## ASSIGNMENT
List, from the lines below, each one with "index" in it.
■ ■ ■ ■ ■
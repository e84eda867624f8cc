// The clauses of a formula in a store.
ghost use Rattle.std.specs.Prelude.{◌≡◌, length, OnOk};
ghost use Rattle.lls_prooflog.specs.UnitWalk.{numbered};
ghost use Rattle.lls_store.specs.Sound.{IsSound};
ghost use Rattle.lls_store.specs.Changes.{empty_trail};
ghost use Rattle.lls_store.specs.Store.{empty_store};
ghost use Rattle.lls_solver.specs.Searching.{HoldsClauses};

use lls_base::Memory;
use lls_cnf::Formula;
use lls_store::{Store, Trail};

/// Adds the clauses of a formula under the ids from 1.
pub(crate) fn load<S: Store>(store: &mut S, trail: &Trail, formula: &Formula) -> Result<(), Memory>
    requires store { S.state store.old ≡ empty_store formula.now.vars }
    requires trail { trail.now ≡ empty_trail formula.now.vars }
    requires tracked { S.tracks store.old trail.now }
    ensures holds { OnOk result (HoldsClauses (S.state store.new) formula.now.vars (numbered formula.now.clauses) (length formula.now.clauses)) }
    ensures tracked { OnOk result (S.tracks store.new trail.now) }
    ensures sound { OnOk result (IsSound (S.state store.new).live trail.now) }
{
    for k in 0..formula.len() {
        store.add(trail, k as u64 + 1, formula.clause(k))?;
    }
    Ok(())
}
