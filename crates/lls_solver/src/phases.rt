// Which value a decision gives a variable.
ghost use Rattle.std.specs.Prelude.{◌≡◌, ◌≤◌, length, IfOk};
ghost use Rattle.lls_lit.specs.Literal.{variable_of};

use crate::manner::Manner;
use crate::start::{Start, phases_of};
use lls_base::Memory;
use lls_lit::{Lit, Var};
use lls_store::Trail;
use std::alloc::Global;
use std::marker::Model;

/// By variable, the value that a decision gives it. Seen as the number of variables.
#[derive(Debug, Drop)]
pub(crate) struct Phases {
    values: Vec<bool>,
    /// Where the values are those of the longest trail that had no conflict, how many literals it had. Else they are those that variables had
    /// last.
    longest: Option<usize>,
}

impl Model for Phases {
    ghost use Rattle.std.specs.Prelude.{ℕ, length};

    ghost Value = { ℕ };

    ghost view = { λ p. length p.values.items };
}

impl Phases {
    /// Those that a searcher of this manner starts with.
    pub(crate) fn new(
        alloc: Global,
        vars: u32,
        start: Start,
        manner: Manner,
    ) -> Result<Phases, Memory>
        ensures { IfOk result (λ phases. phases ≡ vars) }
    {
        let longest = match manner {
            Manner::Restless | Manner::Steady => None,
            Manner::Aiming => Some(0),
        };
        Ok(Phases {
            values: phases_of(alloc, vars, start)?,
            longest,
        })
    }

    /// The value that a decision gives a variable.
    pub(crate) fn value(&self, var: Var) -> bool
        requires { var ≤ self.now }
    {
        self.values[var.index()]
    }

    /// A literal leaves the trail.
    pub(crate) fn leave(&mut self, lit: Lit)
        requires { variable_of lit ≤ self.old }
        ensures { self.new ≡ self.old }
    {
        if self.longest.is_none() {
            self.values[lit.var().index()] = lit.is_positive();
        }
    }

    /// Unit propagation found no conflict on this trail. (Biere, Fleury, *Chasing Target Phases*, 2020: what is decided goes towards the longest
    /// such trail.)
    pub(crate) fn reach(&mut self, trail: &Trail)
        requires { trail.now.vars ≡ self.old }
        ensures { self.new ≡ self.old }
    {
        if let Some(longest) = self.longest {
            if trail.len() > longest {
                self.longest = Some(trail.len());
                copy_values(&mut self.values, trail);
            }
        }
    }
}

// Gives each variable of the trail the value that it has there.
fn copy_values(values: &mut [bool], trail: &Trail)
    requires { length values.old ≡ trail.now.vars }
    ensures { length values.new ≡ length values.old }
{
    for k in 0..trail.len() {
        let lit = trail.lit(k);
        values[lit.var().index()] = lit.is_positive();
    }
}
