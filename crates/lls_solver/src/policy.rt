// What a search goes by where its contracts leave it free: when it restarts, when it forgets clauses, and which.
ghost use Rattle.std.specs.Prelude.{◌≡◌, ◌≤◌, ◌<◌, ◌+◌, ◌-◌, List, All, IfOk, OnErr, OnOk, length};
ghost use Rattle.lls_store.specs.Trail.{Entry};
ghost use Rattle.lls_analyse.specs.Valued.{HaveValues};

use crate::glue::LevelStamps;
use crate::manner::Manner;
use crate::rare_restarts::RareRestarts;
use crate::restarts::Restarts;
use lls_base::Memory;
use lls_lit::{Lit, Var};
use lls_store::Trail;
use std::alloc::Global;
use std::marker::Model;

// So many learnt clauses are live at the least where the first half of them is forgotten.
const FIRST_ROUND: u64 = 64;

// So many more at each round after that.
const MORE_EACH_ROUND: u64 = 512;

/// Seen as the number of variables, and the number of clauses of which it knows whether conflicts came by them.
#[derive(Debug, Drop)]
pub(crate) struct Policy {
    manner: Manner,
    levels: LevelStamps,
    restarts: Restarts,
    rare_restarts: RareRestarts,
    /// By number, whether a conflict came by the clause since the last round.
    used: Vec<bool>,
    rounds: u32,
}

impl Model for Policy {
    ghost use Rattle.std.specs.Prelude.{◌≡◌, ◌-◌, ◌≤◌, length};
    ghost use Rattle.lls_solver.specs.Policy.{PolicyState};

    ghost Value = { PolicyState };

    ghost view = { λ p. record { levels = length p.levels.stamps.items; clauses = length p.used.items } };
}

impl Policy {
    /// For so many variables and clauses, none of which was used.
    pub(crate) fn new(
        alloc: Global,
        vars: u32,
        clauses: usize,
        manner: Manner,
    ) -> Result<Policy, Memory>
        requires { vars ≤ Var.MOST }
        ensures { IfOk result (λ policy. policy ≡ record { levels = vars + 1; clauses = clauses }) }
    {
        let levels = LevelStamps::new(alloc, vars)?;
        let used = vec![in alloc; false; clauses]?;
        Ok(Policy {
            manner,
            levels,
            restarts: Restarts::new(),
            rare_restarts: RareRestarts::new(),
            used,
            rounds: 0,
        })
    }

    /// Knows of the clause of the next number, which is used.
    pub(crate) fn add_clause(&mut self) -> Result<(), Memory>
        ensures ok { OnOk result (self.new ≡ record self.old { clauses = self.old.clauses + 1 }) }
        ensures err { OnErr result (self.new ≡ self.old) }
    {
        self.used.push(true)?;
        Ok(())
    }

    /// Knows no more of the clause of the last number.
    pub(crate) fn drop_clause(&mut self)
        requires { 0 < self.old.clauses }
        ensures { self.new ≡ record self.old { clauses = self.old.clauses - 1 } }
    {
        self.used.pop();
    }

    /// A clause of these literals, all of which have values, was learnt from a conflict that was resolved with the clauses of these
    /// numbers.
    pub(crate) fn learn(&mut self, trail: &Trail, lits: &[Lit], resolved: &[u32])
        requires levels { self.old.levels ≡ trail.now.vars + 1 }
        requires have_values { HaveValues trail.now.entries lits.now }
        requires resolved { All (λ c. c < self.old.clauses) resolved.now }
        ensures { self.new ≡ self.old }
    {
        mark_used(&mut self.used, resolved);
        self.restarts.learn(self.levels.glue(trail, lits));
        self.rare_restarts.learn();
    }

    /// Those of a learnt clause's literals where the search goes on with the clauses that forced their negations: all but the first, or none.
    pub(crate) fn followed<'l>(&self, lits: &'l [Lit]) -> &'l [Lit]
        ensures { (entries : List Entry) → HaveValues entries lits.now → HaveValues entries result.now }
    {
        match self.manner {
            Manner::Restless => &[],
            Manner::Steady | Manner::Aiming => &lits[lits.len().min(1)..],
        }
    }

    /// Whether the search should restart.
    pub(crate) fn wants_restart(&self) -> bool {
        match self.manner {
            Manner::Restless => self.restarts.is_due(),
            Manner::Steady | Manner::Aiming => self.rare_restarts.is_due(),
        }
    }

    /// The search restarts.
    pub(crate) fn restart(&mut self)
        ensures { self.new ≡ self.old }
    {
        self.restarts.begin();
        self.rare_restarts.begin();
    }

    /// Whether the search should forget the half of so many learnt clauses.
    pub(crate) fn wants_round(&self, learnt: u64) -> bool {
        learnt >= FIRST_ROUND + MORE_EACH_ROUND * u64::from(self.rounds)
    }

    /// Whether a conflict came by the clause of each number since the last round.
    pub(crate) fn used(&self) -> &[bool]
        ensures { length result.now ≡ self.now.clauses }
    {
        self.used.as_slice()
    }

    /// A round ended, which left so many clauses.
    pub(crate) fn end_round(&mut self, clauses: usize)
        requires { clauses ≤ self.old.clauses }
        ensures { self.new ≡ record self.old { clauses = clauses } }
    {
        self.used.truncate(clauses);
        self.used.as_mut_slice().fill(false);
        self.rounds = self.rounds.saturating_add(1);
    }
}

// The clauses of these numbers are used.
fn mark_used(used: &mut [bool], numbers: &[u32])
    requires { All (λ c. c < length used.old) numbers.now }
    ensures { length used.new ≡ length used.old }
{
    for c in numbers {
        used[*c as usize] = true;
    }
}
■ ■ ■ ■ ■
## TASK RESULT
        self.values[var.index()]
            self.values[lit.var().index()] = lit.is_positive();
        values[lit.var().index()] = lit.is_positive();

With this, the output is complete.